### What the exercise asks
Among the entries below, copy every line that carries the word "IsCodeFor".

### Data provided

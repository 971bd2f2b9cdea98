//! The pairs of regions that can follow each other, and the first whose labels don't match.
ghost use Rattle.std.specs.Prelude.{◌≡◌, ◌<◌, ◌≤◌, Some, true, length, MatchResult};
ghost use Rattle.wt_markov.specs.Faults as faults;
ghost use Rattle.wt_markov.specs.Turns.{IsTurns};
ghost use Rattle.wt_grid.specs.Answers.{GivesUnless};
ghost use Rattle.wt_markov.specs.Faults.{CountsFollowers};

use crate::MarkovFault;
use crate::turns::{Turns, can_follow, moved_fit, turns_on};
use wt_grid::Axis;
use wt_tile::{Tile, is_match};
use wt_torus::{Labelled, MAX_REGIONS, Partition};

// The region with this number.
pub(crate) fn region(p: &Partition, i: usize) -> &Labelled
    requires { i < length p.now.regions }
    ensures { result.now ≡ faults.region_at p.now i }
{
    &p.regions.as_slice()[i]
}

fn answer(axis: Axis, i: usize, j: usize, follows: bool, matched: bool) -> Result<bool, MarkovFault>
    ensures { GivesUnless result follows (faults.unmatched axis i j follows matched) }
{
    if follows && !matched {
        Err(MarkovFault::Pair { axis, i, j })
    } else {
        Ok(follows)
    }
}

// Whether region i can be followed by region j, or the fault of this pair.
fn pair_at(
    tiles: &[Tile],
    axis: Axis,
    turns: &Turns,
    p: &Partition,
    i: usize,
    j: usize,
) -> Result<bool, MarkovFault>
    requires turns { IsTurns axis p.now.torus turns.now }
    requires fit { faults.zones_fit axis p.now.torus ≡ true }
    requires i { i < length p.now.regions }
    requires j { j < length p.now.regions }
    ensures { GivesUnless result (faults.can_follow_at axis p.now i j) (faults.pair_fault_at tiles.now axis p.now i j) }
{
    let first = region(p, i);
    let second = region(p, j);
    if !moved_fit(turns, second) {
        return Err(MarkovFault::TooLarge);
    }
    let follows = can_follow(turns, first, second);
    let matched = is_match(tiles, axis, first.label, second.label);
    answer(axis, i, j, follows, matched)
}

// How many regions can follow region i, or the first fault of its pairs.
#[tactic(auto, using(wt_grid::proofs::First::first_more, crate::proofs::Counted::followers_more))]
fn row_of(
    tiles: &[Tile],
    axis: Axis,
    turns: &Turns,
    p: &Partition,
    i: usize,
) -> Result<usize, MarkovFault>
    requires turns { IsTurns axis p.now.torus turns.now }
    requires fit { faults.zones_fit axis p.now.torus ≡ true }
    requires i { i < length p.now.regions }
    ensures { MatchResult result
        (CountsFollowers tiles.now axis p.now i) (λ e. faults.pair_row tiles.now axis p.now i ≡ Some e) }
{
    let mut count = 0;
    for j in 0..p.regions.as_slice().len() {
        if pair_at(tiles, axis, turns, p, i, j)? {
            count += 1;
        }
    }
    Ok(count)
}

// How many pairs of regions can follow each other along the axis, or the first fault of a pair.
#[tactic(auto, using(wt_grid::proofs::First::first_more, crate::proofs::Counted::pairs_more))]
fn pairs_in(tiles: &[Tile], axis: Axis, turns: &Turns, p: &Partition) -> Result<usize, MarkovFault>
    requires turns { IsTurns axis p.now.torus turns.now }
    requires fit { faults.zones_fit axis p.now.torus ≡ true }
    requires few { length p.now.regions ≤ MAX_REGIONS }
    ensures { GivesUnless result (faults.pair_count axis p.now) (faults.pair_fault tiles.now axis p.now) }
{
    let mut count = 0;
    for i in 0..p.regions.as_slice().len() {
        count += row_of(tiles, axis, turns, p, i)?;
    }
    Ok(count)
}

/// The same where a number of the zones may be out of limit.
#[tactic(auto, using(crate::proofs::Counted::unfit, crate::proofs::Counted::no_regions))]
pub(crate) fn pairs_along(tiles: &[Tile], axis: Axis, p: &Partition) -> Result<usize, MarkovFault>
    requires few { length p.now.regions ≤ MAX_REGIONS }
    ensures { GivesUnless result (faults.pair_count axis p.now) (faults.pair_fault tiles.now axis p.now) }
{
    match turns_on(axis, &p.torus) {
        Ok(turns) => pairs_in(tiles, axis, &turns, p),
        Err(_) => {
            if p.regions.as_slice().is_empty() {
                Ok(0)
            } else {
                Err(MarkovFault::TooLarge)
            }
        }
    }
}
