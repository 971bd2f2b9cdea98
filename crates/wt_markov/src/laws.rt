//! What partitions say of the codes of their points, and of how steps take these apart.
ghost use Rattle.std.specs.Prelude.{◌≡◌, None, List};
ghost use Rattle.wt_plane.specs.HalfPlanes.{Spot, IsSpot};
ghost use Rattle.wt_grid.specs.Grid.{Grid};
ghost use Rattle.wt_pattern.specs.Patterns.{IsPattern};
ghost use Rattle.wt_tile.specs.declared.tile.Tile.{Tile};
ghost use Rattle.wt_torus.specs.declared.partition.Partition.{Partition};
ghost use Rattle.wt_torus.specs.Codes.{IsCode};
ghost use Rattle.wt_torus.specs.Sound.{IsSound};
ghost use Rattle.wt_step.specs.declared.raw.RawStep.{RawStep};
ghost use Rattle.wt_markov.specs.Markov.{Markov};
ghost use Rattle.wt_markov.specs.Agree.{Agrees};
ghost use Rattle.wt_markov.specs.Faults.{AllTurnsFit, markov_fault};
ghost use Rattle.wt_markov.specs.WindowFaults.{EdgesFit, window_fault};
ghost use Rattle.wt_markov.specs.Law.{IsCodeFor, IsMadeOf, MakesAgreeing, BlocksAreReturns, MarksWindow};

use wt_step::cuts_are_the_border_lines;

/// Where Markov holds for a tile set, every code that is defined is a valid pattern over it.
pub fn codes_are_valid()
    ensures { (ts : List Tile) (p : Partition) → IsSound p → Markov ts p
        → (z : Spot) → IsSpot z → (g : Grid) → IsCode p z g → IsPattern ts g }
{}

/// Where further MarkerWindow holds, for a good step of side after over that set, the coarse pattern that the
/// step makes of a code has, at each block where the induced code is defined, the coarse tile whose image is
/// the image of the induced letter.
pub fn codes_agree()
    ensures some { (s : RawStep) (p : Partition) (z : Spot) (g : Grid) → IsCodeFor s p z g
        → Markov s.fine.tiles p → MakesAgreeing s p z g }
    ensures all { (s : RawStep) (p : Partition) (z : Spot) (g q : Grid) → IsCodeFor s p z g
        → IsMadeOf s g q → Agrees s p z g q }
{
    cuts_are_the_border_lines();
}

/// There the blocks are the returns to the window: from the point at which the first block begins, the first k
/// returns fill as many lines as the first k blocks.
pub fn blocks_are_returns()
    ensures { (s : RawStep) (p : Partition) (z : Spot) (g q : Grid) → IsCodeFor s p z g
        → IsMadeOf s g q → BlocksAreReturns s p z g q }
{
    cuts_are_the_border_lines();
}

/// A partition has no fault for a tile set exactly where Markov holds for it and all half-planes that are asked are within
/// the limit.
pub fn no_fault_is_markov()
    ensures holds { (ts : List Tile) (p : Partition) → markov_fault ts p ≡ None → Markov ts p × AllTurnsFit p }
    ensures back { (ts : List Tile) (p : Partition) → Markov ts p → AllTurnsFit p → markov_fault ts p ≡ None }
{}

/// A partition has no fault for a step exactly where the step's side is after, twice the move isn't the length, MarkerWindow
/// holds, and both sides of the window's edge are within the limit or there is no region.
pub fn no_fault_is_window()
    ensures holds { (s : RawStep) (p : Partition) → window_fault s p ≡ None → MarksWindow s p × EdgesFit s p }
    ensures back { (s : RawStep) (p : Partition) → MarksWindow s p → EdgesFit s p → window_fault s p ≡ None }
{}
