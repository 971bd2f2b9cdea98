//! Partitions of a torus that code valid patterns over a tile set: which regions can follow each other, which lie
//! beyond a window, and what a step's desubstitution makes of codes (Labbé, "Markov partitions for toral Z²-rotations
//! featuring Jeandel-Rao Wang shift and model sets").
#![tactic(auto)]

mod boxes;
mod desub;
mod edges;
mod fault;
mod laws;
mod meets;
mod moved;
mod pairs;
mod partition;
#[cfg(test)]
mod tests;
mod turns;
mod window;

pub use desub::code_desub;
pub use fault::{CodeDesubFault, MarkovFault, WindowFault};
pub use laws::{
    blocks_are_returns, codes_agree, codes_are_valid, no_fault_is_markov, no_fault_is_window,
};
pub use partition::markov;
pub use window::marker_window;
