//! The half-planes of the box of a torus.
ghost use Rattle.std.specs.List.{list_all};
ghost use Rattle.wt_induce.specs.Faults.{is_small_half};
ghost use Rattle.wt_markov.specs.Follow as follow;
ghost use Rattle.wt_grid.specs.Answers.{GivesWhere};

use wt_golden::TooLarge;
use wt_grid::Axis;
use wt_induce::{between, zero};
use wt_plane::HalfPlane;
use wt_torus::Torus;

/// The four half-planes of the box, or that a number is out of limit.
#[tactic(auto, using(crate::proofs::Counted::box_unfit))]
pub(crate) fn box_of(torus: &Torus) -> Result<[HalfPlane; 4], TooLarge>
    ensures { GivesWhere result (follow.box torus.now) (list_all is_small_half) }
{
    let [x0, x1] = between(Axis::One, zero(), torus.width())?;
    let [y0, y1] = between(Axis::Two, zero(), torus.height())?;
    Ok([x0, x1, y0, y1])
}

### Written answer
ghost use Rattle.wt_markov.specs.Law.{IsCodeFor, IsMadeOf, MakesAgreeing, BlocksAreReturns, MarksWindow};
    ensures some { (s : RawStep) (p : Partition) (z : Spot) (g : Grid) → IsCodeFor s p z g
    ensures all { (s : RawStep) (p : Partition) (z : Spot) (g q : Grid) → IsCodeFor s p z g
    ensures { (s : RawStep) (p : Partition) (z : Spot) (g q : Grid) → IsCodeFor s p z g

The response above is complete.